» TRY IT
Write out exactly the lines that run from the one containing "as it stands." to the end of the entries below, with both end lines included.

» THE RECORDS
[Start of Attachment]

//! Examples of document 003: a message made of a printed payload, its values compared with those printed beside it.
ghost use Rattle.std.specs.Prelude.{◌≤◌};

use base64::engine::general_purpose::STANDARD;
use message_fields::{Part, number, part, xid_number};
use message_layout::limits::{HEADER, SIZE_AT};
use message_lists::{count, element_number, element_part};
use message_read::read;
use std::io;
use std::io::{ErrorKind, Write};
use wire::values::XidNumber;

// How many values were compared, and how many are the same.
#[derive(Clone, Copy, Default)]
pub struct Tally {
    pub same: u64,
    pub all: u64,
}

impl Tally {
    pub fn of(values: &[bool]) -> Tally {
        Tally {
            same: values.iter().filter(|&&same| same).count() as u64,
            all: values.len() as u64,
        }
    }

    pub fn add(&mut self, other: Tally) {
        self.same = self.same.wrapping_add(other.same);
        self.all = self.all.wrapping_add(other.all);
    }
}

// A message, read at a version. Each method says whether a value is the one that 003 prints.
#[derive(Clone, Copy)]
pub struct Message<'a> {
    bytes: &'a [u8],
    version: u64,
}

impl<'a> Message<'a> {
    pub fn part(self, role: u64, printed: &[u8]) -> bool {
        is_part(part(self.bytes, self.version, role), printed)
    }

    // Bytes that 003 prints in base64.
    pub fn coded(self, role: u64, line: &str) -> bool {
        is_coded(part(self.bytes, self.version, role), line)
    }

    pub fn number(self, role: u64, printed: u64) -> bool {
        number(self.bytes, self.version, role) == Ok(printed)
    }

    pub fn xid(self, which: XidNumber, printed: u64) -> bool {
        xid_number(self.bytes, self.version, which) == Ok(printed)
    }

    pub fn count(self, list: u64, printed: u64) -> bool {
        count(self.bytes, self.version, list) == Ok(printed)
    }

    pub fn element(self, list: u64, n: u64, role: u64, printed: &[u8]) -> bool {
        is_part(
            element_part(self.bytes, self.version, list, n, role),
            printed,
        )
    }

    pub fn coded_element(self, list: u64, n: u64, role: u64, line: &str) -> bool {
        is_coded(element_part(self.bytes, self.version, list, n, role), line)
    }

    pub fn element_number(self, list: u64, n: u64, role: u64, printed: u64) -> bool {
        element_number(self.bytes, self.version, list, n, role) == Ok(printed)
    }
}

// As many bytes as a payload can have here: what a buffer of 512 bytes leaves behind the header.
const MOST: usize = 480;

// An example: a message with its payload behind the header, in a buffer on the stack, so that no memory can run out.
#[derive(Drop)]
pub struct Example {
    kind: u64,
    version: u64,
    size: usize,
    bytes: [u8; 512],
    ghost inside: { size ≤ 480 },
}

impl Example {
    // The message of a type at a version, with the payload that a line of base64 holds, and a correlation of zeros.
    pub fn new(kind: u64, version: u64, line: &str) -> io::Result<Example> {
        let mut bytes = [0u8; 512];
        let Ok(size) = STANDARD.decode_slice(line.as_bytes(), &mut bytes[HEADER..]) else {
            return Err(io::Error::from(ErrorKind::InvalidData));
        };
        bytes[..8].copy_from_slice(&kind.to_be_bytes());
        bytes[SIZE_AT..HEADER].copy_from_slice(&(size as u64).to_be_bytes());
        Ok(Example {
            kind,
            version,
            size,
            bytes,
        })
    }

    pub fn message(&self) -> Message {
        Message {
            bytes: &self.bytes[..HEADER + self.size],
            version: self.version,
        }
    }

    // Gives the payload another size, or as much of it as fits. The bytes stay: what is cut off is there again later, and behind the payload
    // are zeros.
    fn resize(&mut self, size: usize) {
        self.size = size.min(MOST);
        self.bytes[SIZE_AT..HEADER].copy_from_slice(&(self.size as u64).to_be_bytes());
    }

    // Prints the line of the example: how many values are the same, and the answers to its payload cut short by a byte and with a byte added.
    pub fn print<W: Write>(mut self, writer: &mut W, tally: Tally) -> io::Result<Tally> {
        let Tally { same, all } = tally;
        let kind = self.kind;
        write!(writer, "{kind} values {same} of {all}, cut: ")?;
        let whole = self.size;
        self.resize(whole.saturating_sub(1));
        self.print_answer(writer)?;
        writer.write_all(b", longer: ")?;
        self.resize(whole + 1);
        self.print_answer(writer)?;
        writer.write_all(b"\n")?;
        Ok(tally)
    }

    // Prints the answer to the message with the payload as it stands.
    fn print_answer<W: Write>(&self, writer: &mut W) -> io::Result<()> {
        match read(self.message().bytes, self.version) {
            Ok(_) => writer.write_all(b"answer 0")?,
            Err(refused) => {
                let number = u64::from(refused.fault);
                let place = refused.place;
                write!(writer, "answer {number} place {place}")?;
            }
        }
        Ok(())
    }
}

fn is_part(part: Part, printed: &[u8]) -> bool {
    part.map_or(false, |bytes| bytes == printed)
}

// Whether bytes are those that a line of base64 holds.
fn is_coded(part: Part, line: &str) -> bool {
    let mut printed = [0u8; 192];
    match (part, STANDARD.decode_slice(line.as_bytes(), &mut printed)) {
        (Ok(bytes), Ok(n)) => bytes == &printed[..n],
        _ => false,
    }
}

[End of Attachment]

» TASK SOLUTION
    // Prints the answer to the message with the payload as it stands.
    fn print_answer<W: Write>(&self, writer: &mut W) -> io::Result<()> {
        match read(self.message().bytes, self.version) {
            Ok(_) => writer.write_all(b"answer 0")?,
            Err(refused) => {
                let number = u64::from(refused.fault);
                let place = refused.place;
                write!(writer, "answer {number} place {place}")?;
            }
        }
        Ok(())
    }
}

fn is_part(part: Part, printed: &[u8]) -> bool {
    part.map_or(false, |bytes| bytes == printed)
}

// Whether bytes are those that a line of base64 holds.
fn is_coded(part: Part, line: &str) -> bool {
    let mut printed = [0u8; 192];
    match (part, STANDARD.decode_slice(line.as_bytes(), &mut printed)) {
        (Ok(bytes), Ok(n)) => bytes == &printed[..n],
        _ => false,
    }
}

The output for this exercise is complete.